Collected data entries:
● ● ● ●
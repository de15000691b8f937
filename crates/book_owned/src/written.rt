use crate::Mark;
use mdf_gate::Block;

/// What became of a block that a front handed over.
#[derive(Drop)]
pub enum Written {
    /// It is in the file, and the mark holds. The block is empty.
    Done {
        mark: Mark,
        block: Block,
    },
    /// The disk failed: its count of faults rose, or stands at its last value. The block is as it was.
    DiskFault {
        before: u64,
        after: u64,
        block: Block,
    },
    /// There was none. This answer is made by who was told that nothing is pending.
    Nothing,
}
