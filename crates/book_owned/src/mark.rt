use mdf_layout::Reserved;

/// From this moment of the disk on, each crash leaves a file that carries at least so many samples of the history.
#[derive(Clone, Copy, Debug)]
pub struct Mark {
    /// The disk's moment.
    pub moment: u64,
    /// How many samples, counted from the first of the history.
    pub through: u64,
}

/// A list of marks, with room for more that was found beforehand.
pub type Marks = Reserved<Mark>;
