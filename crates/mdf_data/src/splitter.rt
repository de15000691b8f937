ghost use Rattle.std.specs.Prelude.{◌≡◌, ◌-◌, ◌^◌, ◌≤◌, ◌<◌, length, IfOk, IfSome, OnErr};
ghost use Rattle.mdf_block.specs.Refusal.{GivesOf};
ghost use Rattle.mdf_block.specs.Reads.{Reads};
ghost use Rattle.mdf_stream.specs.Parts.{stream_of, stream_size, ArePartsInside};
ghost use Rattle.mdf_data.specs.Record.{IsIdSize, piece_at, split_refusal, IsPieceAt};
ghost use Rattle.mdf_data.specs.Splitting.{advanced};

use crate::record::{group_of, group_piece_in, id_here_in};
use crate::{DataView, Known, Piece, SplitFault};
use mdf_num::{Halt, Rows, SliceSpan, Span};
use std::marker::Model;

/// A place in a stream of records, and the groups that its records belong to.
#[derive(Drop)]
pub struct Splitter {
    id_size: u8,
    known: Rows<Known>,
    place: u64,
}

impl Model for Splitter {
    ghost use Rattle.std.specs.Prelude.{length, ◌<◌, ◌^◌};
    ghost use Rattle.mdf_data.specs.Record.{IsIdSize};
    ghost use Rattle.mdf_data.specs.Splitting.{Splitting};

    ghost Value = { Splitting };

    ghost view = { λ s. record { id_size = s.id_size; known = s.known; place = s.place } };

    ghost invariant = { λ s. IsIdSize s.id_size × (length s.known < 2 ^ 32) };
}

impl Splitter {
    /// At the begin of a stream whose records have ids of so many bytes and belong to these groups. An id that stands
    /// twice belongs to the first. It takes no memory.
    pub fn new(id_size: u8, known: Rows<Known>) -> Splitter
        requires id_size { IsIdSize id_size }
        requires few { length known < 2 ^ 32 }
        ensures { result ≡ record { id_size = id_size; known = known; place = 0 } }
    {
        Splitter {
            id_size,
            known,
            place: 0,
        }
    }

    /// The next whole record of the stream, read through a span, and None exactly at the end. It takes no memory of its
    /// own.
    ///
    /// # Errors
    /// As `next`, and the span's own. The splitter is as before.
    #[tactic(auto, unfolding(crate::specs::Record::piece_at))]
    pub fn next_in<P: Span>(
        &mut self,
        span: &mut P,
        view: &DataView,
    ) -> Result<Option<Piece>, Halt<SplitFault>>
        requires inside { ArePartsInside (P.size span.old) view.now }
        requires within { self.old.place ≤ stream_size view.now }
        ensures reads { Reads P.Span span.old span.new P.may_want split_refusal result
            (λ file. piece_at (stream_of file view.now) self.old.id_size self.old.known self.old.place (stream_size view.now - self.old.place)) }
        ensures piece { IfOk result (λ found. IfSome found (IsPieceAt (stream_size view.now) self.old.id_size self.old.known self.old.place)) }
        ensures next { IfOk result (λ found. self.new ≡ advanced self.old found) }
        ensures err { OnErr result (self.new ≡ self.old) }
        ensures within { self.new.place ≤ stream_size view.now }
    {
        let mut near = 0;
        let Some(id) = id_here_in(span, view, self.id_size, self.place, &mut near)? else {
            return Ok(None);
        };
        let group = group_of(self.known.as_slice(), id);
        let piece = group_piece_in(span, view, self.id_size, self.place, id, group, &mut near)?;
        self.place = piece.at + piece.len;
        Ok(Some(piece))
    }

    /// The next whole record of the stream, where its parts are of these bytes, and None exactly at the end. It takes no
    /// memory.
    ///
    /// # Errors
    /// `UnknownId` exactly where a whole id stands at the place and no group has it. `Cut` exactly where fewer bytes than
    /// an id has are left, or the record of a known id is not whole. The splitter is as before.
    pub fn next(&mut self, bytes: &[u8], view: &DataView) -> Result<Option<Piece>, SplitFault>
        requires inside { ArePartsInside (length bytes.now) view.now }
        requires within { self.old.place ≤ stream_size view.now }
        ensures found { GivesOf split_refusal result
            (piece_at (stream_of bytes.now view.now) self.old.id_size self.old.known self.old.place (stream_size view.now - self.old.place)) }
        ensures piece { IfOk result (λ found. IfSome found (IsPieceAt (stream_size view.now) self.old.id_size self.old.known self.old.place)) }
        ensures next { IfOk result (λ found. self.new ≡ advanced self.old found) }
        ensures err { OnErr result (self.new ≡ self.old) }
        ensures within { self.new.place ≤ stream_size view.now }
    {
        match self.next_in(&mut SliceSpan::new(bytes), view) {
            Ok(found) => Ok(found),
            Err(Halt::Fault(fault)) => Err(fault),
            Err(_) => unreachable!(),
        }
    }
}
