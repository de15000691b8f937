use crate::Mark;
use mdf_gate::Block;

/// What a front hands over.
#[derive(Drop)]
pub enum Handed {
    /// An earlier answer was a fault of the disk. The last mark still holds.
    Stopped { mark: Mark },
    /// Nothing is pending.
    Nothing,
    /// The pending records, with the number of samples that are durable once they are written.
    Given { through: u64, block: Block },
}
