ghost use Rattle.std.specs.Prelude.{◌≡◌, ◌+◌, ◌≤◌, ◌<◌, ◌^◌, List, [], true, false, length, drop, is_some, IfOk, IfErr, IfSome, IfNone, MatchBool};
ghost use Rattle.mdf_format.specs.Cause.{Rose};
ghost use Rattle.mdf_disk.specs.State.{state_of};
ghost use Rattle.mdf_layout.specs.Record.{SampleFits, encoded_size, cost_of, history_cost, history_size};
ghost use Rattle.mdf_layout.specs.Behind.{first_id};
ghost use Rattle.mdf_layout.specs.Next.{AreNext};

use crate::flushing::{flush, make_room};
use crate::front::{accept, last_mark, reserve, size_behind};
use crate::handing::refusal;
use crate::in_memory::InMemory;
use crate::{Append, Back, Flush, Front, Mark, Marks, Shown};
use mdf_disk::Disk;
use mdf_gate::{Block, GatedFile};
use mdf_layout::{NextValues, Sample, Samples, Shapes};
use mdf_num::Memory;
use std::alloc::Global;
use std::marker::Model;
use std::sync::Wait;
use std::thread::Threads;

/// A recording in progress: the accepted samples, and the file that holds them.
pub struct Book<D: Disk, V: Shown> {
    pub(crate) front: Front<V>,
    pub(crate) back: Back<D>,
}

impl<D: Disk, V: Shown> Model for Book<D, V> {
    ghost use Rattle.book_owned.specs.Account.{Account};
    ghost use Rattle.book_owned.specs.Split.{AreHalves, book_of_halves};

    ghost Value = { Account D V };

    ghost view = { λ b. book_of_halves D.Disk b.front b.back };

    ghost invariant = { λ b. AreHalves D.Disk b.front b.back };
}

/// What a book begins with: its two blocks, the list of marks with room for one, and where the first values of variable
/// length go.
fn buffers(
    alloc: Global,
    shapes: &Shapes,
    block_limit: u32,
) -> Result<(Block, Block, Marks, NextValues), Memory>
    requires some { 1 ≤ block_limit }
    requires ids { first_id shapes.now (length shapes.now) ≤ 255 }
    ensures block { IfOk result (λ parts. (parts.0.bytes ≡ []) × (parts.0.limit ≡ block_limit)) }
    ensures spare { IfOk result (λ parts. (parts.1.bytes ≡ []) × (parts.1.limit ≡ block_limit)) }
    ensures marks { IfOk result (λ parts. (parts.2.items ≡ []) × (1 ≤ parts.2.spare)) }
    ensures next { IfOk result (λ parts. AreNext shapes.now [] parts.3) }
{
    let block = Block::with_limit(alloc, block_limit)?;
    let spare = Block::with_limit(alloc, block_limit)?;
    let mut marks = Marks::empty(alloc);
    marks.reserve(1)?;
    let next = NextValues::first(alloc, shapes)?;
    Ok((block, spare, marks, next))
}

impl<D: Disk, V: Shown> Book<D, V> {
    ghost use Rattle.book_owned.specs.Marks.{last_mark, durable};
    ghost use Rattle.book_owned.specs.Account.{Account, Steps};
    ghost use Rattle.book_owned.specs.Kept.{FitsOne, HoldsDurable, IsKept, IsShowing};
    ghost use Rattle.book_owned.specs.Begun.{IsNewFile, IsAdmissible, HasBegun};
    ghost use Rattle.book_owned.specs.Answers.{AppendAnswers, FlushAnswers, HasRoom, PassesBlock, FitsBlock, IsRefusal, accepted_by};
    ghost use Rattle.book_owned.specs.Events.{AppendEvents, PutEvents, FlushEvents};

    /// Begins a book over a file that was just created. It makes the first mark, with no sample.
    ///
    /// # Errors
    /// Want of memory, with the file and the view.
    pub fn begin(
        alloc: Global,
        file: GatedFile<D>,
        shapes: Shapes,
        block_limit: u32,
        session_limit: u64,
        view: V,
    ) -> Result<Book<D, V>, (Memory, GatedFile<D>, V)>
        requires created { IsNewFile D.Disk file }
        requires admissible { IsAdmissible shapes block_limit session_limit }
        requires nothing_shown { (V.shows view []) × (V.count view ≡ 0) }
        requires nothing_handed { (handed : List Sample) → V.hands view handed → handed ≡ [] }
        ensures begun { IfOk result (λ book. HasBegun D.Disk V.Shown file shapes block_limit session_limit view book) }
        ensures kept { IfOk result (λ book. IsKept book.terms (state_of D.Disk book.disk) book.history book.marks) }
        ensures shown { IfOk result (λ book. IsShowing V.Shown book.view book.history book.marks) }
        ensures handed_back { IfErr result (λ parts. (parts.1 ≡ file) × (parts.2 ≡ view)) }
    {
        let Ok((block, spare, mut marks, next)) = buffers(alloc, &shapes, block_limit) else {
            return Err((Memory, file, view));
        };
        marks.put(Mark {
            moment: file.moment(),
            through: 0,
        });
        let memory = InMemory {
            shapes,
            history: Samples::empty(alloc),
            marks,
            held: 0,
            block,
            spare: Some(spare),
            from: 0,
            stopped: false,
            next,
            session_limit,
            view,
        };
        Ok(Book {
            front: Front { memory },
            back: Back { file },
        })
    }

    /// Accepts a sample. Where its record would pass the block limit the pending ones are handed over first. All memory of
    /// the call but that of sealing and of the view is taken before that.
    pub fn append<R: Threads + Wait + Sync>(&mut self, rt: &R, sample: Sample) -> Append
        requires fits { SampleFits self.old.terms.layouts sample }
        requires size { encoded_size self.old.terms.layouts sample ≤ self.old.terms.block_limit }
        ensures steps { Steps self.old self.new (accepted_by result sample) }
        ensures answer { AppendAnswers D.Disk V.Shown self.old self.new sample result }
        ensures events { AppendEvents V.count self.old self.new sample result }
        ensures kept { IsKept self.new.terms (state_of D.Disk self.new.disk) self.new.history self.new.marks }
        ensures shown { IsShowing V.Shown self.new.view self.new.history self.new.marks }
        ensures later { D.faults self.old.disk ≤ D.faults self.new.disk }
        ensures clock { D.moment self.old.disk ≤ D.moment self.new.disk }
    {
        let size = self.front.memory.shapes.encoded_size(&sample);
        if let Some(refused) = refusal(&self.front.memory, &sample, size) {
            return refused;
        }
        let Ok(()) = reserve(&mut self.front.memory) else {
            return Append::Memory;
        };
        if let Err(fault) = make_room(&mut self.front.memory, &mut self.back, rt, size) {
            return Append::DiskFault {
                before: fault.before,
                after: fault.after,
            };
        }
        let place = self.front.memory.history.len();
        accept(&mut self.front.memory, sample);
        Append::Accepted { place }
    }

    /// Accepts a sample whose records have room in the block, without a call of the disk. It never answers `DiskFault`.
    pub fn put(&mut self, sample: Sample) -> Append
        requires fits { SampleFits self.old.terms.layouts sample }
        requires size { encoded_size self.old.terms.layouts sample ≤ self.old.terms.block_limit }
        requires room { FitsBlock self.old sample }
        ensures steps { Steps self.old self.new (accepted_by result sample) }
        ensures answer { AppendAnswers D.Disk V.Shown self.old self.new sample result }
        ensures events { PutEvents V.count self.old self.new sample result }
        ensures kept { IsKept self.new.terms (state_of D.Disk self.new.disk) self.new.history self.new.marks }
        ensures shown { IsShowing V.Shown self.new.view self.new.history self.new.marks }
    {
        if self.front.stopped() {
            return Append::Stopped {
                mark: self.front.last_mark(),
            };
        }
        self.front.put(sample)
    }

    /// Why a sample would not be accepted, before room for it is looked for: the book is stopped, or the sample's cost has no
    /// room in the session.
    pub fn refusal(&self, sample: &Sample) -> Option<Append>
        requires fits { SampleFits self.now.terms.layouts sample.now }
        requires size { encoded_size self.now.terms.layouts sample.now ≤ self.now.terms.block_limit }
        ensures none { IfNone result ((self.now.stopped ≡ false) × HasRoom self.now sample.now) }
        ensures refused { IfSome result (λ answer. AppendAnswers D.Disk V.Shown self.now self.now sample.now answer × (accepted_by answer sample.now ≡ [])) }
        ensures before_memory { IfSome result IsRefusal }
    {
        self.front.refusal(sample, self.front.size_of(sample))
    }

    /// Whether the pending records and those of the sample pass the block limit, so that an append of it hands over first.
    pub fn passes_block(&self, sample: &Sample) -> bool
        requires fits { SampleFits self.now.terms.layouts sample.now }
        requires size { encoded_size self.now.terms.layouts sample.now ≤ self.now.terms.block_limit }
        ensures { MatchBool result (PassesBlock self.now sample.now) (FitsBlock self.now sample.now) }
    {
        let size = self.front.memory.shapes.encoded_size(sample);
        self.pending() + size > self.front.memory.block.limit() as u64
    }

    /// Makes all accepted samples durable, seals them and publishes them. With nothing pending it makes no call of the disk
    /// and no mark.
    pub fn flush<R: Threads + Wait + Sync>(&mut self, rt: &R) -> Flush<V::Note>
        ensures steps { Steps self.old self.new [] }
        ensures answer { FlushAnswers D.Disk V.Shown self.old self.new result }
        ensures events { FlushEvents V.count self.old self.new result }
        ensures kept { IsKept self.new.terms (state_of D.Disk self.new.disk) self.new.history self.new.marks }
        ensures shown { IsShowing V.Shown self.new.view self.new.history self.new.marks }
        ensures later { D.faults self.old.disk ≤ D.faults self.new.disk }
        ensures clock { D.moment self.old.disk ≤ D.moment self.new.disk }
    {
        flush(&mut self.front.memory, &mut self.back, rt)
    }

    /// Hands everything back, without a call of the disk: the disk, the history, the marks and the view.
    pub fn close(self) -> (D, Samples, Marks, V)
        ensures disk { result.0 ≡ self.disk }
        ensures history { result.1.items ≡ self.history }
        ensures marks { result.2.items ≡ self.marks }
        ensures view { result.3 ≡ self.view }
        ensures within { history_cost self.terms.layouts self.history ≤ self.terms.session_limit }
        ensures asked { D.asked self.disk ≡ self.terms.asked }
        ensures told { is_some (D.story self.disk) ≡ self.terms.told }
        ensures content { self.stopped ≡ false → IfSome (D.content self.disk) (HoldsDurable self.terms self.history self.marks) }
        ensures kept { IsKept self.terms (state_of D.Disk self.disk) self.history self.marks }
        ensures one_block { self.stopped ≡ false → FitsOne self.terms self.history self.marks }
        ensures shown { IsShowing V.Shown self.view self.history self.marks }
    {
        let Book { front, back } = self;
        let Front { memory } = front;
        let InMemory {
            shapes: _,
            history,
            marks,
            held: _,
            block: _,
            spare: _,
            from: _,
            stopped: _,
            next: _,
            session_limit: _,
            view,
        } = memory;
        let Back { file } = back;
        (file.into_disk(), history, marks, view)
    }

    /// How many bytes the record of a sample has.
    pub fn size_of(&self, sample: &Sample) -> u64
        requires { SampleFits self.now.terms.layouts sample.now }
        ensures { result ≡ encoded_size self.now.terms.layouts sample.now }
    {
        self.front.size_of(sample)
    }

    /// What a sample costs, in bytes.
    pub fn cost_of(&self, sample: &Sample) -> u64
        requires fits { SampleFits self.now.terms.layouts sample.now }
        requires room { cost_of self.now.terms.layouts sample.now < 2 ^ 64 }
        ensures { result ≡ cost_of self.now.terms.layouts sample.now }
    {
        self.front.cost_of(sample)
    }

    /// How many bytes the records of the samples behind the last mark have.
    pub fn pending(&self) -> u64
        ensures { result ≡ history_size self.now.terms.layouts (drop (durable self.now.marks) self.now.history) }
    {
        if self.front.memory.stopped {
            let through = last_mark(&self.front.memory.marks).through;
            return size_behind(&self.front.memory, through);
        }
        self.front.pending()
    }

    /// What the history costs, in bytes.
    pub fn held(&self) -> u64
        ensures { result ≡ history_cost self.now.terms.layouts self.now.history }
    {
        self.front.held()
    }

    /// How many bytes of data a block has at most.
    pub fn block_limit(&self) -> u64
        ensures { result ≡ self.now.terms.block_limit }
    {
        self.front.block_limit()
    }

    /// What the history may cost at most, in bytes.
    pub fn session_limit(&self) -> u64
        ensures { result ≡ self.now.terms.session_limit }
    {
        self.front.session_limit()
    }

    /// The last mark.
    pub fn last_mark(&self) -> Mark
        ensures { result ≡ last_mark self.now.marks }
    {
        self.front.last_mark()
    }

    /// How many samples were accepted.
    pub fn history_len(&self) -> u64
        ensures { result ≡ length self.now.history }
    {
        self.front.history_len()
    }

    /// Whether a call was answered by a fault of the disk, which is where its file has failed. While none was, the records of
    /// the samples that are not durable fit into one block.
    pub fn stopped(&self) -> bool
        ensures stopped { result ≡ self.now.stopped }
        ensures one_block { self.now.stopped ≡ false → FitsOne self.now.terms self.now.history self.now.marks }
        ensures cause { self.now.stopped ≡ true → Rose self.now.terms.faults (D.faults self.now.disk) }
    {
        // Both or neither, and the file tells the cause.
        self.front.stopped() && self.back.file.failed()
    }
}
● ● ● ●
#### [Activity]
Copy out all lines above that include the string "stands".

#### [Reply]
    /// The disk failed: its count of faults rose, or stands at its last value. The block is as it was.
    /// At the begin of a stream whose records have ids of so many bytes and belong to these groups. An id that stands
    /// `UnknownId` exactly where a whole id stands at the place and no group has it. `Cut` exactly where fewer bytes than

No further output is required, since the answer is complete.